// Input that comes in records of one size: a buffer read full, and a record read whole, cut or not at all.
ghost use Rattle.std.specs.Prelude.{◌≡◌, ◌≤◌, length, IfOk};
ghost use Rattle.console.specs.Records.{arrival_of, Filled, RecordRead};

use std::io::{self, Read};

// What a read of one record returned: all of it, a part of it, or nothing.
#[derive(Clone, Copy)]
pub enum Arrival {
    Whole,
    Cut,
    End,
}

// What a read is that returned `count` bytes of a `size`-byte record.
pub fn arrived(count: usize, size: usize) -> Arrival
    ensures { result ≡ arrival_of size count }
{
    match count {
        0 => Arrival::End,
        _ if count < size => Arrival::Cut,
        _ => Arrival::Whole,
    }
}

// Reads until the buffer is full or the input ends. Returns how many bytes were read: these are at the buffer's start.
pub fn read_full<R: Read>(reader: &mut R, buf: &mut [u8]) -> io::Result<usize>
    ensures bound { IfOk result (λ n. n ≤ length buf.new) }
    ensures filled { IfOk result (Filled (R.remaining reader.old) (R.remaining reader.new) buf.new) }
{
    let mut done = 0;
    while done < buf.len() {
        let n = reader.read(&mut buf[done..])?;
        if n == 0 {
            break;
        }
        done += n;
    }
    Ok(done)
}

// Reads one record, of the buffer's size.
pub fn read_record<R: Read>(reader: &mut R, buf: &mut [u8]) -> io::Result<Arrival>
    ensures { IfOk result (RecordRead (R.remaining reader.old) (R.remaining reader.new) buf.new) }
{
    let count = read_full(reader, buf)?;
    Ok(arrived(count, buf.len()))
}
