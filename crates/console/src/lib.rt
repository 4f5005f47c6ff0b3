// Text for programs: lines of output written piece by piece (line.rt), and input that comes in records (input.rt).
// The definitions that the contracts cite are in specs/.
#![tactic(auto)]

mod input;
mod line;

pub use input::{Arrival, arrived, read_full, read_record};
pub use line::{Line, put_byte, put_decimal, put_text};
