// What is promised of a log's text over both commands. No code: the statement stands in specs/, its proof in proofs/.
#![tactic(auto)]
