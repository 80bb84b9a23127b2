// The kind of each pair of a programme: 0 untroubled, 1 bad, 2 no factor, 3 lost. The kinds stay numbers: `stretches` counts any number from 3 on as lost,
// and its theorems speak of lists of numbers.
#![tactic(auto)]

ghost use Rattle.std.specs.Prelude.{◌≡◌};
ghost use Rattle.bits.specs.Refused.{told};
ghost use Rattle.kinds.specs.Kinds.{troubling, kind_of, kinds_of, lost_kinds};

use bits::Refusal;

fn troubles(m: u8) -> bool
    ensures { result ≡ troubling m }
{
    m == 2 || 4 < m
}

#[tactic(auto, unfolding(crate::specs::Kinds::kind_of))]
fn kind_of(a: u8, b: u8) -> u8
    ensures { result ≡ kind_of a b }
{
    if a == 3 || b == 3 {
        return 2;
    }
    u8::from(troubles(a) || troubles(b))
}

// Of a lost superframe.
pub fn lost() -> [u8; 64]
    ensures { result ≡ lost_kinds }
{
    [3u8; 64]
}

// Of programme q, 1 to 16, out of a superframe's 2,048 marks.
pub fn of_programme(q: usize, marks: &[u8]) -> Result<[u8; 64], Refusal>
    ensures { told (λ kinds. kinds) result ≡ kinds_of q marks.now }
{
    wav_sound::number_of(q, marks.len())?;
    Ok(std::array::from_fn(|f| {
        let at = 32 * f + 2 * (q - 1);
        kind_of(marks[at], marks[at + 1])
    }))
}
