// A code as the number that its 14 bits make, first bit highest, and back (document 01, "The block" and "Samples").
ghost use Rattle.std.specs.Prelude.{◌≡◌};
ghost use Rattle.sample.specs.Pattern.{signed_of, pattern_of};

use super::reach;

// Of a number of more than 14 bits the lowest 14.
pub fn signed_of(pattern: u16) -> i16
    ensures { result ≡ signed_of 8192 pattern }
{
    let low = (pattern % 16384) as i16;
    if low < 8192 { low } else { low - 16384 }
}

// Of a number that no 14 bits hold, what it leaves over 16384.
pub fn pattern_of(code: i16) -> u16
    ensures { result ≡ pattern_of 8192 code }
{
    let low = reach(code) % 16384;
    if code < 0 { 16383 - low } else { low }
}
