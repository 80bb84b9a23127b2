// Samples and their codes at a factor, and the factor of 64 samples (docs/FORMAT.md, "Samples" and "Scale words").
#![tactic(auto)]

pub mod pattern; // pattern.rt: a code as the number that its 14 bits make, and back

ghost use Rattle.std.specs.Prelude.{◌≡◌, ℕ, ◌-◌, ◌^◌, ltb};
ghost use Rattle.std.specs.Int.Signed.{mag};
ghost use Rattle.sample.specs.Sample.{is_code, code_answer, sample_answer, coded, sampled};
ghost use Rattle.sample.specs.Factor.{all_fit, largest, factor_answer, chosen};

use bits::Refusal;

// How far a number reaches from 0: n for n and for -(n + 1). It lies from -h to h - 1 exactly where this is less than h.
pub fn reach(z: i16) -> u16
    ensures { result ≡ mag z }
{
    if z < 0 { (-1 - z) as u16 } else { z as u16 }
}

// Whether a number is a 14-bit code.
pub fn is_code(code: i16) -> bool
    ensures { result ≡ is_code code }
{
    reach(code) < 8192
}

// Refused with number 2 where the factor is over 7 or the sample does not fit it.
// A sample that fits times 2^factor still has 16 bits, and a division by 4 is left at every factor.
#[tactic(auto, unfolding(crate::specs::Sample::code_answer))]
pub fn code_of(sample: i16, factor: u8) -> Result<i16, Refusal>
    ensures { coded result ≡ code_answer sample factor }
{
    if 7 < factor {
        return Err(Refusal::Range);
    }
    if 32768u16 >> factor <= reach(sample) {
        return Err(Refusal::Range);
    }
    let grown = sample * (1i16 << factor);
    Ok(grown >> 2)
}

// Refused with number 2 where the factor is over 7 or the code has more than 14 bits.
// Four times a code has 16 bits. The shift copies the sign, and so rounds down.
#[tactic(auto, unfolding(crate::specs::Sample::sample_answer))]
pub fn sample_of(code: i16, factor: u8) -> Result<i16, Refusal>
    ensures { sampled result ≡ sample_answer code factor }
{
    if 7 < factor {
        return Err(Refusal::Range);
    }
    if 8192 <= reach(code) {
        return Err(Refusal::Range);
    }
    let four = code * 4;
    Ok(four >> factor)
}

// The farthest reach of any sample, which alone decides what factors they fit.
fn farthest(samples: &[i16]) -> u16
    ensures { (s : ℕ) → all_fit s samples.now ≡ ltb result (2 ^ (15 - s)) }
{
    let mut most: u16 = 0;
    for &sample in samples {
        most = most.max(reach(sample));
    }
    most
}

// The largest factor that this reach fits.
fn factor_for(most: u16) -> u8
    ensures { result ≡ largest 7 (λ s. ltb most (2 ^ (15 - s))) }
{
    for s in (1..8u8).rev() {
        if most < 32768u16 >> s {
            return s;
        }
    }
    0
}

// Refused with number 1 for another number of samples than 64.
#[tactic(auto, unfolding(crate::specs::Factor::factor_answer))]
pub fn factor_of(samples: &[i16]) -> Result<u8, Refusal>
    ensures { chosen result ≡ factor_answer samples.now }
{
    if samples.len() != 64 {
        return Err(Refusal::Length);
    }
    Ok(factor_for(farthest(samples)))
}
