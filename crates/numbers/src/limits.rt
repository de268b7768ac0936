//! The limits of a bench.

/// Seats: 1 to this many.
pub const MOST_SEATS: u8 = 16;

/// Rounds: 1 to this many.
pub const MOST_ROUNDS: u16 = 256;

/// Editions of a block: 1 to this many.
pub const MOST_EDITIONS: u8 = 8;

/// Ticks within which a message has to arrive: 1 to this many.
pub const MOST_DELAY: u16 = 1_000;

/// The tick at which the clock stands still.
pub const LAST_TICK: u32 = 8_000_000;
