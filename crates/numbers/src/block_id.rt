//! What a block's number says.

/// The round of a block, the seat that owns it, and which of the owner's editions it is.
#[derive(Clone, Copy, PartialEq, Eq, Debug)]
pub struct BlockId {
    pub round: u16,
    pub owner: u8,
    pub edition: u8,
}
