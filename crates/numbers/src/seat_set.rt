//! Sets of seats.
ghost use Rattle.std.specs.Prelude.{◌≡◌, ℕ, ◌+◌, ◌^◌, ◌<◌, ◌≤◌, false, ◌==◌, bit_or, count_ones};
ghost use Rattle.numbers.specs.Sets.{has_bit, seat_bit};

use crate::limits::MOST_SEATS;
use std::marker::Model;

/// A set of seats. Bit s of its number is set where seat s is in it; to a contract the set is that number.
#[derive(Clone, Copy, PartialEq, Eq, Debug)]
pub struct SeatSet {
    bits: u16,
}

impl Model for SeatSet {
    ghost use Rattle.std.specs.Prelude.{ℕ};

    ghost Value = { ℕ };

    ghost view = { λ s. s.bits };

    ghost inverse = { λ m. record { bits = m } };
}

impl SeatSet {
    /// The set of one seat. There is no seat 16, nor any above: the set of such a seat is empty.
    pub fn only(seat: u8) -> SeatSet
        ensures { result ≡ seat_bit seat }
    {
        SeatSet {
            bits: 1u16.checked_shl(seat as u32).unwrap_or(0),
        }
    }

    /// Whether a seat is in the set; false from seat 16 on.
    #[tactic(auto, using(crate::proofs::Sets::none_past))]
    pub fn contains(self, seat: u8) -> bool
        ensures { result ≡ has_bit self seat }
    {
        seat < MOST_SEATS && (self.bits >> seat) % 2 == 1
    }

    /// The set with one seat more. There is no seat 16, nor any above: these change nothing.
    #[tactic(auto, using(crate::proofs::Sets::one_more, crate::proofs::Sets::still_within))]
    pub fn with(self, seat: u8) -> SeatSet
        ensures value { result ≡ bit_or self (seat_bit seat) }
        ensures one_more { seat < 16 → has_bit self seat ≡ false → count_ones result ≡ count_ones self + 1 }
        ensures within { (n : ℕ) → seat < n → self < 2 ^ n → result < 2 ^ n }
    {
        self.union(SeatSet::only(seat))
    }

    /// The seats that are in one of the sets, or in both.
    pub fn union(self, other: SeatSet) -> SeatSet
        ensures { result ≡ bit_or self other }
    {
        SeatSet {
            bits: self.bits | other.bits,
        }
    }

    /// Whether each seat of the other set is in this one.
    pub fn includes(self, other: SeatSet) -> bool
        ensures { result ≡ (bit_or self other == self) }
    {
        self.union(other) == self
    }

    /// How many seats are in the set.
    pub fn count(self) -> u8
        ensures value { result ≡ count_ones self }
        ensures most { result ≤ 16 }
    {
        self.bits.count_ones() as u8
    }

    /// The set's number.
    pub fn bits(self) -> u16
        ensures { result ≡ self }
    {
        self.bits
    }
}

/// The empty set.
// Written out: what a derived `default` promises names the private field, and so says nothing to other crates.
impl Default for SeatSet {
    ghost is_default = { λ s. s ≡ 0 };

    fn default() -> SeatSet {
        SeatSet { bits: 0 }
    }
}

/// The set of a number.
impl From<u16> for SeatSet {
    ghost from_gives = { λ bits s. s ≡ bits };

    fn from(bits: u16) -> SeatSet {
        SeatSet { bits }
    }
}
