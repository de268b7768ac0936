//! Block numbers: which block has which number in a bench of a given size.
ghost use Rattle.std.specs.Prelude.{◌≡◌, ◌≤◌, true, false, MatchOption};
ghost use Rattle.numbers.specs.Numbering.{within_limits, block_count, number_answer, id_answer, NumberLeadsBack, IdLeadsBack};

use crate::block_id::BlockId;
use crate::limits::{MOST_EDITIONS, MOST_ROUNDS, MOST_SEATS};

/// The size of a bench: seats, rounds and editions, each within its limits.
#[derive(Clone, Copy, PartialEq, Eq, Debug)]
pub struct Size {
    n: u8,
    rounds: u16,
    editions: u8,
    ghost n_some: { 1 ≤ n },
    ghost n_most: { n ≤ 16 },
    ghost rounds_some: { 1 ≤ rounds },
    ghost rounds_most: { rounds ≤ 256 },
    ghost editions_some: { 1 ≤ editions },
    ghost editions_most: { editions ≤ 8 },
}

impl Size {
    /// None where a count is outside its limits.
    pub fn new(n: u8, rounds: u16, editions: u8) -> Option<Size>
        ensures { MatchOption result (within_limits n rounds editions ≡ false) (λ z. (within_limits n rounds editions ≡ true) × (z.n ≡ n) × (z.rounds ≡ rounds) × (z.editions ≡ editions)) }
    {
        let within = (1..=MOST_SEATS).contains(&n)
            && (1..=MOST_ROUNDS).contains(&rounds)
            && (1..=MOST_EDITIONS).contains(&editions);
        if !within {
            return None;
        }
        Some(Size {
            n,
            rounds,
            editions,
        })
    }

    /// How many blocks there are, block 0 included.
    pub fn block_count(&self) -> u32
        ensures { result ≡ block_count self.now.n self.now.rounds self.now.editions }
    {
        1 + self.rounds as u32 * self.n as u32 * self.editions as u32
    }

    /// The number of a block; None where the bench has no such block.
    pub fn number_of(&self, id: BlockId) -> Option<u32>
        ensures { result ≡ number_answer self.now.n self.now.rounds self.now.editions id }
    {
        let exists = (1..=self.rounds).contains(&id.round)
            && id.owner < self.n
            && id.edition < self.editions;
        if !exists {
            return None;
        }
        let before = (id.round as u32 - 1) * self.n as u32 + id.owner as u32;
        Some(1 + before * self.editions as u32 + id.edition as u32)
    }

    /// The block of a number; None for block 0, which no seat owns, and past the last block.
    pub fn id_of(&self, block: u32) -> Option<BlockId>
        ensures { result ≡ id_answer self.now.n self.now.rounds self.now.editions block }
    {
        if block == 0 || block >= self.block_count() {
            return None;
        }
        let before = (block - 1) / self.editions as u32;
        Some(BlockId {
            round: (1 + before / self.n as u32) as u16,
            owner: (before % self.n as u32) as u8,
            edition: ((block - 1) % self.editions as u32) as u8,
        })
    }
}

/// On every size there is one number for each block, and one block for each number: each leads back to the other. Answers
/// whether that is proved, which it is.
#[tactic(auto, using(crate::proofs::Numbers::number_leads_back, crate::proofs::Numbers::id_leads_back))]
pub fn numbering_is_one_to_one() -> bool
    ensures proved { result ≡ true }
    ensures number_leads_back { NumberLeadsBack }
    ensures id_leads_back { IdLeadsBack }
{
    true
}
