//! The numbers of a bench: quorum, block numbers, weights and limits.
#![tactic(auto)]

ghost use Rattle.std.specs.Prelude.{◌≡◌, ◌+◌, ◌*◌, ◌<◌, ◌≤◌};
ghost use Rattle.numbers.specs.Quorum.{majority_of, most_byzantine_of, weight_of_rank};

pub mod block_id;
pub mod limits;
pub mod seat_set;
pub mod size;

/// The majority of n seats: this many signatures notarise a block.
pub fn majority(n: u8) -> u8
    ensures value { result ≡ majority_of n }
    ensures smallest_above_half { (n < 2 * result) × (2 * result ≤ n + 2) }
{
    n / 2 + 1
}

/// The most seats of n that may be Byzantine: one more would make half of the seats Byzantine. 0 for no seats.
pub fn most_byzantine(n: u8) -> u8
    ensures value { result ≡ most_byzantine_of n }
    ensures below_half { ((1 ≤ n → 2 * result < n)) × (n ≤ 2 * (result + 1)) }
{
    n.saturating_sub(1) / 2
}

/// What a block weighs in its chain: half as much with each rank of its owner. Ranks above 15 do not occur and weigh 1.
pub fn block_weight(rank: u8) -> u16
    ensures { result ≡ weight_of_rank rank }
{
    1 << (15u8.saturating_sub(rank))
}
************
• **YOUR OBJECTIVE**:
In the listing above, find the line with "pub struct BlockId" and the line with "seat 16 on.". Output those two lines and every line between them, exactly as written.

• **WRITTEN RESPONSE**:
pub struct BlockId {
    pub round: u16,
    pub owner: u8,
    pub edition: u8,
}
filename crates/numbers/src/seat_set.rt
//! Sets of seats.
ghost use Rattle.std.specs.Prelude.{◌≡◌, ℕ, ◌+◌, ◌^◌, ◌<◌, ◌≤◌, false, ◌==◌, bit_or, count_ones};
ghost use Rattle.numbers.specs.Sets.{has_bit, seat_bit};

use crate::limits::MOST_SEATS;
use std::marker::Model;

/// A set of seats. Bit s of its number is set where seat s is in it; to a contract the set is that number.
#[derive(Clone, Copy, PartialEq, Eq, Debug)]
pub struct SeatSet {
    bits: u16,
}

impl Model for SeatSet {
    ghost use Rattle.std.specs.Prelude.{ℕ};

    ghost Value = { ℕ };

    ghost view = { λ s. s.bits };

    ghost inverse = { λ m. record { bits = m } };
}

impl SeatSet {
    /// The set of one seat. There is no seat 16, nor any above: the set of such a seat is empty.
    pub fn only(seat: u8) -> SeatSet
        ensures { result ≡ seat_bit seat }
    {
        SeatSet {
            bits: 1u16.checked_shl(seat as u32).unwrap_or(0),
        }
    }

    /// Whether a seat is in the set; false from seat 16 on.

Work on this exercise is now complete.